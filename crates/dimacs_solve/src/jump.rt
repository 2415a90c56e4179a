//! The end of a descent in one step, by a heuristic.

ghost use Rattle.std.specs.Prelude.{◌<◌, ℕ, IfOk, IfSome};
ghost use Rattle.dimacs_decide.specs.Bounds.{KeepsBounds};
ghost use Rattle.dimacs_solve.specs.Descending.{Descends};

use crate::answer::MinFlowAnswer;
use crate::question::{Reply, ask};
use dimacs_claims::Potentials;
use dimacs_decide::keeps_bounds;
use dimacs_instance::MinInstance;
use dimacs_judging::Flow;
use dimacs_lines::Memory;
use dimacs_methods::make_least_flow;
use dimacs_network::Network;
use std::alloc::Global;

/// None if the heuristic's flow is neither least nor shows that no flow is feasible.
pub(crate) fn jump<N: Network>(
    alloc: Global,
    instance: &MinInstance<N>,
) -> Result<Option<MinFlowAnswer>, Memory>
    ensures { IfOk result (λ found. IfSome found (λ end. (limit : ℕ) → 0 < limit → Descends instance.now limit end)) }
{
    let least_flow = make_least_flow(alloc, instance)?;
    let flow = Flow::from_vec(least_flow.amounts);
    if !keeps_bounds(instance.network(), &flow) {
        return Ok(None);
    }
    end_at(alloc, instance, flow, least_flow.potentials)
}

/// The end of the descent, if the reply about this flow is one.
fn end_at<N: Network>(
    alloc: Global,
    instance: &MinInstance<N>,
    flow: Flow,
    potentials: Potentials,
) -> Result<Option<MinFlowAnswer>, Memory>
    requires { KeepsBounds instance.now.arcs flow }
    ensures { IfOk result (λ found. IfSome found (λ end. (limit : ℕ) → 0 < limit → Descends instance.now limit end)) }
{
    match ask(alloc, instance, &flow, potentials)? {
        Reply::Optimal(slack) => Ok(Some(MinFlowAnswer::Optimal(flow, slack))),
        Reply::Infeasible(set) => Ok(Some(MinFlowAnswer::Infeasible(set))),
        Reply::Better(_better) => Ok(None),
    }
}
━━━━━━━━━━━━━━━━━━━━━━━━━━━━━━
◆ **What the task requires**: If a line of the records above includes the word "ghost", count it; state the final number with no other words.

◆ **Response box**: 3